- SOURCE MATERIAL:

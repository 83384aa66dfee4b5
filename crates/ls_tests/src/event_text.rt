//! One event text with ample memory; `ls_tables` has the table of them.
use ls_event::{Event, read_event};
use ls_value::{Cell, Names, NoMemory, Text, same_bytes};
use std::alloc::Global;

/// A text.
fn text(alloc: Global, word: &str) -> Result<Text, NoMemory> {
    Ok(Text::from_string(String::from_str(alloc, word)?))
}

/// The fields `a`, `b` and `c`.
fn fields(alloc: Global) -> Result<Names, NoMemory> {
    let (a, b, c) = (text(alloc, "a")?, text(alloc, "b")?, text(alloc, "c")?);
    Ok(Names::of(vec![in alloc; a, b, c]?))
}

/// Whether these cells are null, unchanged, and a text.
fn are(cells: &[Cell], third: &[u8]) -> bool {
    match cells {
        [Cell::Null, Cell::Same, Cell::Text(text)] => same_bytes(text.as_bytes(), third),
        _ => false,
    }
}

/// Whether a text says its update.
fn reads(alloc: Global) -> Result<bool, NoMemory> {
    let fields = fields(alloc)?;
    match read_event(alloc, b"c=%C3%A9&a=#", &fields) {
        Ok(Event::Update(cells)) => Ok(are(cells.as_slice(), b"\xC3\xA9")),
        _ => Ok(false),
    }
}

#[test]
fn a_text_is_read(rt: HostRuntime) -> Result<(), NoMemory> {
    assert!(rt; reads(rt.alloc())?);
    Ok(())
}
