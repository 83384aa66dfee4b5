//! Budgets compared with plain programs that go ms by ms, on settings, spends and ticks that are drawn, always the same
//! ones, and tables of single budgets.
ghost use Rattle.std.specs.Prelude.{◌<◌, ◌≤◌};
ghost use Rattle.std.specs.Option.{ForSome};
ghost use Rattle.ls_value.specs.declared.limits.TheConstants.{GREATEST_TICK};
ghost use Rattle.ls_budget.specs.declared.limits.TheConstants.{MOST_BYTES};

use ls_budget::{Bandwidth, Due, Frequency, GREATEST_TICK, MOST_BYTES, interval_of};
use std::test::Fail;

/// A linear congruential generator (Knuth's MMIX).
#[derive(Drop)]
struct Draws {
    state: u64,
}

impl Draws {
    /// A number below n, or 0.
    fn below(&mut self, n: u64) -> u64
        ensures { result ≤ n }
    {
        self.state = self
            .state
            .wrapping_mul(6364136223846793005)
            .wrapping_add(1442695040888963407);
        if n == 0 { 0 } else { (self.state >> 33) % n }
    }
}

/// The credit of a rate at a tick, in thousandths of a bit, below 0 where there is a debt.
#[derive(Clone, Copy, Drop)]
struct Plain {
    rate: u64,
    credit: i128,
    tick: u64,
}

impl Plain {
    /// At first the credit is full.
    fn new(rate: u64, tick: u64) -> Plain {
        Plain {
            rate,
            credit: 1000 * rate as i128,
            tick,
        }
    }

    /// A ms later. A full credit stays as it is.
    fn after_ms(self) -> Plain {
        let (full, more) = (
            1000 * self.rate as i128,
            self.credit.saturating_add(self.rate as i128),
        );
        Plain {
            rate: self.rate,
            credit: if more < full { more } else { full },
            tick: self.tick.saturating_add(1),
        }
    }

    /// At a later tick, ms by ms until the credit is full.
    fn at(self, tick: u64) -> Plain {
        let mut plain = self;
        for _ in self.tick..tick {
            if plain.credit == 1000 * plain.rate as i128 {
                break;
            }
            plain = plain.after_ms();
        }
        plain.tick = tick;
        plain
    }

    /// After a spend.
    fn spent(self, bytes: u64) -> Plain {
        Plain {
            rate: self.rate,
            credit: self.credit.saturating_sub(8000 * bytes as i128),
            tick: self.tick,
        }
    }
}

/// Whether a bandwidth is due first at a tick to come: asked one ms before, then, and one after.
fn is_due_first(fast: &Bandwidth, tick: u64) -> bool
    requires { fast.now.latest < tick }
{
    if tick >= GREATEST_TICK {
        return true;
    }
    fast.due(tick - 1) == Due::At(tick)
        && fast.due(tick) == Due::Now
        && fast.due(tick + 1) == Due::Now
}

/// Whether a bandwidth is due at a tick as its credit says, or else first at the tick at which there is credit.
fn agrees(fast: &Bandwidth, plain: Plain, now: u64) -> bool
    requires behind { fast.now.latest ≤ now }
    requires tick { now ≤ GREATEST_TICK }
{
    match fast.due(now) {
        Due::Now => plain.at(now).credit > 0,
        Due::At(tick) => {
            let before = plain.at(now).at(tick - 1);
            before.credit <= 0 && before.after_ms().credit > 0 && is_due_first(fast, tick)
        }
    }
}

/// A bandwidth, and the same by the plain program where there is a rate.
#[derive(Drop)]
struct Both {
    fast: Bandwidth,
    plain: Option<Plain>,
    now: u64,
    /// How often it was due, and how often not.
    nows: u64,
    waits: u64,
    ghost in_order: { fast.latest ≤ now },
    ghost in_range: { now ≤ GREATEST_TICK },
}

/// A drawn rate: the lowest, the highest, or one under which spends soon leave a debt.
fn drawn_rate(draws: &mut Draws) -> u64
    ensures { 0 < result }
{
    match draws.below(8) {
        0 => 1,
        1 => 80,
        2 => 999_999_999_999,
        3 => u64::MAX,
        4 => draws.below(1000) + 1,
        5 => draws.below(10_000_000) + 1000,
        _ => draws.below(100_000) + 1000,
    }
}

/// Drawn bytes: few where the rate is so low that many would take the plain program long.
fn drawn_bytes(draws: &mut Draws, rate: u64) -> u64
    ensures { result ≤ MOST_BYTES }
{
    let most = if rate < MOST_BYTES {
        rate.saturating_add(9)
    } else {
        MOST_BYTES
    };
    let bytes = if draws.below(2) == 0 {
        most
    } else {
        draws.below(most)
    };
    if bytes < MOST_BYTES {
        bytes
    } else {
        MOST_BYTES
    }
}

/// A drawn tick from now on: the same, near the one at which it is due, a little later, or long after.
fn drawn_tick(draws: &mut Draws, due: u64, now: u64) -> u64
    requires { now ≤ GREATEST_TICK }
    ensures from_now { now ≤ result }
    ensures in_range { result ≤ GREATEST_TICK }
{
    let later = match draws.below(8) {
        0 => now.saturating_add(draws.below(3)),
        1 => now.saturating_add(draws.below(2000)),
        2 => now.saturating_add(draws.below(1 << 30).saturating_mul(1 << 20)),
        3 => due.saturating_sub(1),
        4 => due,
        5 => due.saturating_add(1),
        _ => now,
    };
    between(now, later)
}

/// A tick, but none before now and none beyond the greatest.
fn between(now: u64, tick: u64) -> u64
    requires { now ≤ GREATEST_TICK }
    ensures from_now { now ≤ result }
    ensures in_range { result ≤ GREATEST_TICK }
{
    if tick < now {
        return now;
    }
    if tick > GREATEST_TICK {
        return GREATEST_TICK;
    }
    tick
}

/// The tick at which a bandwidth is due.
fn due_tick(due: Due, now: u64) -> u64 {
    match due {
        Due::Now => now,
        Due::At(tick) => tick,
    }
}

impl Both {
    /// A drawn rate, set at a tick.
    fn new(draws: &mut Draws, now: u64) -> Both
        requires { now ≤ GREATEST_TICK }
    {
        let rate = drawn_rate(draws);
        Both {
            fast: Bandwidth::new(Some(rate), now),
            plain: Some(Plain::new(rate, now)),
            now,
            nows: 0,
            waits: 0,
        }
    }

    /// Goes on to a drawn tick.
    fn wait(&mut self, draws: &mut Draws) {
        let due = due_tick(self.fast.due(self.now), self.now);
        self.now = drawn_tick(draws, due, self.now);
        if let Some(plain) = self.plain {
            self.plain = Some(plain.at(self.now));
        }
    }

    /// Sets no rate, the same one or another.
    fn set(&mut self, draws: &mut Draws) {
        if draws.below(4) == 0 {
            self.fast.set(None, self.now);
            self.plain = None;
            return;
        }
        let rate = drawn_rate(draws);
        self.fast.set(Some(rate), self.now);
        self.plain = Some(Plain::new(rate, self.now));
    }

    /// Whether both agree now.
    fn agree(&self) -> bool {
        match self.plain {
            None => self.fast.due(self.now) == Due::Now,
            Some(plain) => agrees(&self.fast, plain, self.now),
        }
    }

    /// A spend of drawn bytes, where it is due.
    fn spend(&mut self, draws: &mut Draws) {
        if self.fast.due(self.now) != Due::Now {
            self.waits = self.waits.saturating_add(1);
            return;
        }
        self.nows = self.nows.saturating_add(1);
        match self.plain {
            None => self.fast.spend(self.now, drawn_bytes(draws, 1)),
            Some(plain) => {
                let bytes = drawn_bytes(draws, plain.rate);
                self.fast.spend(self.now, bytes);
                self.plain = Some(plain.at(self.now).spent(bytes));
            }
        }
    }

    /// A drawn step, and whether both agree behind it.
    fn step(&mut self, draws: &mut Draws) -> bool {
        if draws.below(3) == 0 {
            self.wait(draws);
        }
        if draws.below(12) == 0 {
            self.set(draws);
        } else {
            self.spend(draws);
        }
        self.agree()
    }
}

/// Whether both agree behind each of 16 drawn steps; how often it was due is added to the first, how often not to the
/// second.
fn agree_in_steps(draws: &mut Draws, nows: &mut u64, waits: &mut u64) -> bool {
    let start = between(0, draws.below(1 << 20));
    let mut both = Both::new(draws, start);
    for _ in 0..16 {
        if !both.step(draws) {
            return false;
        }
    }
    *nows = nows.saturating_add(both.nows);
    *waits = waits.saturating_add(both.waits);
    true
}

#[test]
fn bandwidths_agree_with_the_plain_program(rt: HostRuntime) -> Result<(), Fail> {
    let mut draws = Draws { state: 7 };
    let mut nows = 0;
    let mut waits = 0;
    for _ in 0..600 {
        assert!(rt; agree_in_steps(&mut draws, &mut nows, &mut waits));
    }
    assert!(rt; nows > 2000 && waits > 2000);
    Ok(())
}

/// A spend, where it is due.
fn spend_if_due(bandwidth: &mut Bandwidth, now: u64, bytes: u64)
    requires behind { bandwidth.old.latest ≤ now }
    requires now { now ≤ GREATEST_TICK }
    requires bytes { bytes ≤ MOST_BYTES }
    ensures { bandwidth.new.latest ≤ now }
{
    if bandwidth.due(now) == Due::Now {
        bandwidth.spend(now, bytes);
    }
}

/// Whether a bandwidth with two spends at a tick is due first at another.
fn two_spends_are_due(rate: u64, now: u64, bytes: u64, tick: u64) -> bool
    requires rate { 0 < rate }
    requires now { now ≤ GREATEST_TICK }
    requires bytes { bytes ≤ MOST_BYTES }
{
    let mut bandwidth = Bandwidth::new(Some(rate), now);
    spend_if_due(&mut bandwidth, now, bytes);
    spend_if_due(&mut bandwidth, now, bytes);
    tick > now && bandwidth.due(now) == Due::At(tick) && is_due_first(&bandwidth, tick)
}

#[test]
fn a_debt_is_waited_for(rt: HostRuntime) -> Result<(), Fail> {
    assert!(rt; two_spends_are_due(80, 0, 9, 801));
    assert!(rt; two_spends_are_due(80, 5, 9, 806));
    assert!(rt; two_spends_are_due(81, 0, 9, 778));
    // exactly no credit is left
    assert!(rt; two_spends_are_due(80, 0, 5, 1));
    assert!(rt; two_spends_are_due(16, 0, 1, 1));
    // the lowest rate
    assert!(rt; two_spends_are_due(1, 0, 1, 7001));
    assert!(rt; two_spends_are_due(1, 3, 16_386, 131_087_004));
    assert!(rt; two_spends_are_due(1, 1_000_000_000_000_000_000, 1, 1_000_000_000_000_007_001));
    assert!(rt;
        two_spends_are_due(
            1,
            1_000_000_000_000_000_000,
            16_386,
            1_000_000_000_131_087_001
        )
    );
    // the first spend takes all of the greatest credit, or leaves a little
    assert!(rt; two_spends_are_due(131_088, 0, 16_386, 1));
    assert!(rt; two_spends_are_due(131_089, 0, 16_386, 1000));
    Ok(())
}

/// Whether a rate that doesn't restrict is due at once after two spends of most bytes.
fn is_due_at_once(rate: Option<u64>, now: u64) -> bool
    requires rate { ForSome rate (λ r. 0 < r) }
    requires now { now ≤ GREATEST_TICK }
{
    let mut bandwidth = Bandwidth::new(rate, now);
    spend_if_due(&mut bandwidth, now, MOST_BYTES);
    spend_if_due(&mut bandwidth, now, MOST_BYTES);
    bandwidth.due(now) == Due::Now && bandwidth.due(GREATEST_TICK) == Due::Now
}

#[test]
fn high_rates_are_due_at_once(rt: HostRuntime) -> Result<(), Fail> {
    assert!(rt; is_due_at_once(None, 0));
    assert!(rt; is_due_at_once(Some(999_999_999_999), 0));
    assert!(rt; is_due_at_once(Some(u64::MAX), 0));
    assert!(rt; is_due_at_once(Some(u64::MAX), 1_000_000_000_000_000_000));
    assert!(rt; is_due_at_once(Some(262_177), 0));
    assert!(rt; !is_due_at_once(Some(262_176), 0));
    Ok(())
}

/// Whether a rate that is set while there is a debt begins with a full credit.
fn begins_anew(rate: Option<u64>) -> bool
    requires { ForSome rate (λ r. 0 < r) }
{
    let mut bandwidth = Bandwidth::new(Some(80), 0);
    bandwidth.spend(0, MOST_BYTES);
    let before = bandwidth.due(7);
    bandwidth.set(rate, 7);
    let after = bandwidth.due(7);
    before == Due::At(1_637_601) && after == Due::Now
}

/// Whether the same rate, set again, has a credit of 1000 ms and no more.
fn has_one_second() -> bool {
    let mut bandwidth = Bandwidth::new(Some(80), 0);
    bandwidth.set(Some(80), 50);
    bandwidth.spend(50, 10);
    is_due_first(&bandwidth, 51)
}

#[test]
fn a_rate_that_is_set_begins_anew(rt: HostRuntime) -> Result<(), Fail> {
    assert!(rt; begins_anew(Some(80)) && begins_anew(Some(1)) && begins_anew(None));
    assert!(rt; has_one_second());
    Ok(())
}

/// The least ms in which a frequency comes to an update, counted.
fn counted_interval(f: u64) -> u64 {
    for ms in 1..1_000_000 {
        if ms as u128 * f as u128 >= 1_000_000 {
            return ms;
        }
    }
    1_000_000
}

#[test]
fn intervals_are_those_counted(rt: HostRuntime) -> Result<(), Fail> {
    let mut draws = Draws { state: 11 };
    for f in [
        1,
        2,
        3,
        999,
        1000,
        1001,
        2000,
        3000,
        999_999,
        1_000_000,
        1_000_001,
        u64::MAX,
    ] {
        assert!(rt; interval_of(f) == counted_interval(f));
    }
    for _ in 0..500 {
        let f = draws.below(2_000_000) + 1;
        assert!(rt; interval_of(f) == counted_interval(f));
    }
    Ok(())
}

/// Whether a slot is due first at a tick: asked one ms before, then, and one after.
fn slot_is_due_first(frequency: &Frequency, tick: u64) -> bool
    requires { 0 < tick }
{
    frequency.due(tick - 1) == Due::At(tick)
        && frequency.due(tick) == Due::Now
        && frequency.due(tick.saturating_add(1)) == Due::Now
}

/// Whether a slot of a frequency is due at once at first, and after an update first at a tick.
fn is_next_due(f: u64, last: u64, tick: u64) -> bool
    requires f { 0 < f }
    requires last { last ≤ GREATEST_TICK }
    requires tick { 0 < tick }
{
    let mut frequency = Frequency::new(Some(f));
    let first = frequency.due(0);
    frequency.spend(last);
    first == Due::Now && slot_is_due_first(&frequency, tick)
}

/// Whether the last update's tick stays as another frequency is set, and while there is none.
fn keeps_the_last_tick() -> bool {
    let mut frequency = Frequency::new(Some(2000));
    frequency.spend(40);
    frequency.set(Some(3000));
    let other = slot_is_due_first(&frequency, 374);
    frequency.set(None);
    let none = frequency.due(40);
    frequency.spend(60);
    frequency.set(Some(1));
    other && none == Due::Now && slot_is_due_first(&frequency, 1_000_060)
}

#[test]
fn a_slot_waits_for_its_interval(rt: HostRuntime) -> Result<(), Fail> {
    assert!(rt;
        is_next_due(2000, 0, 500) && is_next_due(3000, 40, 374) && is_next_due(1, 0, 1_000_000)
    );
    assert!(rt;
        is_next_due(1_000_000, 7, 8) && is_next_due(1_000_001, 7, 8) && is_next_due(u64::MAX, 7, 8)
    );
    assert!(rt; is_next_due(1, 1_000_000_000_000_000_000, 1_000_000_000_001_000_000));
    assert!(rt; keeps_the_last_tick());
    Ok(())
}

- PROBLEM DETAILS:
The response should be the listing above, limited to the lines between the one holding "return GREATEST_TICK;" and the one holding "self.fast.set(Some(rate), self.now);", inclusive, reproduced exactly.

- TASK ANSWER:
        return GREATEST_TICK;
    }
    tick
}

/// The tick at which a bandwidth is due.
fn due_tick(due: Due, now: u64) -> u64 {
    match due {
        Due::Now => now,
        Due::At(tick) => tick,
    }
}

impl Both {
    /// A drawn rate, set at a tick.
    fn new(draws: &mut Draws, now: u64) -> Both
        requires { now ≤ GREATEST_TICK }
    {
        let rate = drawn_rate(draws);
        Both {
            fast: Bandwidth::new(Some(rate), now),
            plain: Some(Plain::new(rate, now)),
            now,
            nows: 0,
            waits: 0,
        }
    }

    /// Goes on to a drawn tick.
    fn wait(&mut self, draws: &mut Draws) {
        let due = due_tick(self.fast.due(self.now), self.now);
        self.now = drawn_tick(draws, due, self.now);
        if let Some(plain) = self.plain {
            self.plain = Some(plain.at(self.now));
        }
    }

    /// Sets no rate, the same one or another.
    fn set(&mut self, draws: &mut Draws) {
        if draws.below(4) == 0 {
            self.fast.set(None, self.now);
            self.plain = None;
            return;
        }
        let rate = drawn_rate(draws);
        self.fast.set(Some(rate), self.now);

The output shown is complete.